EXERCISE -> Every line of the records below that holds the word "specs" should be copied out.

(Collection entries)
▬▬▬▬▬▬

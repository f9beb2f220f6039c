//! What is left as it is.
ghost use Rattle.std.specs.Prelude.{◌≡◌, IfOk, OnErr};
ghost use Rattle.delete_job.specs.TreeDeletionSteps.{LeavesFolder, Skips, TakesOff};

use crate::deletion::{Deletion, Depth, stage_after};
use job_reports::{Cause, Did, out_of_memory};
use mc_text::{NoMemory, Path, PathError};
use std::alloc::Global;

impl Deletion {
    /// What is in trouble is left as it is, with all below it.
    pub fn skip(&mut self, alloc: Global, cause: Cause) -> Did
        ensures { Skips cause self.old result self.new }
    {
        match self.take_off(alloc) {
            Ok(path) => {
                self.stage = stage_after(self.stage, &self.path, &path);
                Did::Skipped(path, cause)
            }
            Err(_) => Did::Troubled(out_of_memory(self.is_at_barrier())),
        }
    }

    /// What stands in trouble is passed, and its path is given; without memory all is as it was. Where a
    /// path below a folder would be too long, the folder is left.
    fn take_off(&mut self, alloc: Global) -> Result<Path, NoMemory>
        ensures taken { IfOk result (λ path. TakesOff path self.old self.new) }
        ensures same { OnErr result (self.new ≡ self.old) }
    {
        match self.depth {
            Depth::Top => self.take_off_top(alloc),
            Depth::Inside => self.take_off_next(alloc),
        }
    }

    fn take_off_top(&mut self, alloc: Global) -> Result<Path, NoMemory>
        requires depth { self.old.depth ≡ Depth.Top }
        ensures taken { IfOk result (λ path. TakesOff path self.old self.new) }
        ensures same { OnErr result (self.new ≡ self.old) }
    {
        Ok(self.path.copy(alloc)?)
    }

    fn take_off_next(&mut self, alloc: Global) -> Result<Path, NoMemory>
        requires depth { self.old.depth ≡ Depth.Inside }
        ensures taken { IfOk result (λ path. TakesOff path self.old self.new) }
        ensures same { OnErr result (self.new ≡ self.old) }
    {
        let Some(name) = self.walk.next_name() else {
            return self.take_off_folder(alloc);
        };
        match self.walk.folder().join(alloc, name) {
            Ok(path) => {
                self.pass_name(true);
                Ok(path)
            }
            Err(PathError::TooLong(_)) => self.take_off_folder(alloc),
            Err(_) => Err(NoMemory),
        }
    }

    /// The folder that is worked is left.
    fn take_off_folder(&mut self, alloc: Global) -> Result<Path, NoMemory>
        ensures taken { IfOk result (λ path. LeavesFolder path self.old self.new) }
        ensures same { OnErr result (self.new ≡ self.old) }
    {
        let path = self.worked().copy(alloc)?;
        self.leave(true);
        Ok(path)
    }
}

▬▬▬▬▬▬

ANSWER SPACE ->
ghost use Rattle.std.specs.Prelude.{◌≡◌, IfOk, OnErr};
ghost use Rattle.delete_job.specs.TreeDeletionSteps.{LeavesFolder, Skips, TakesOff};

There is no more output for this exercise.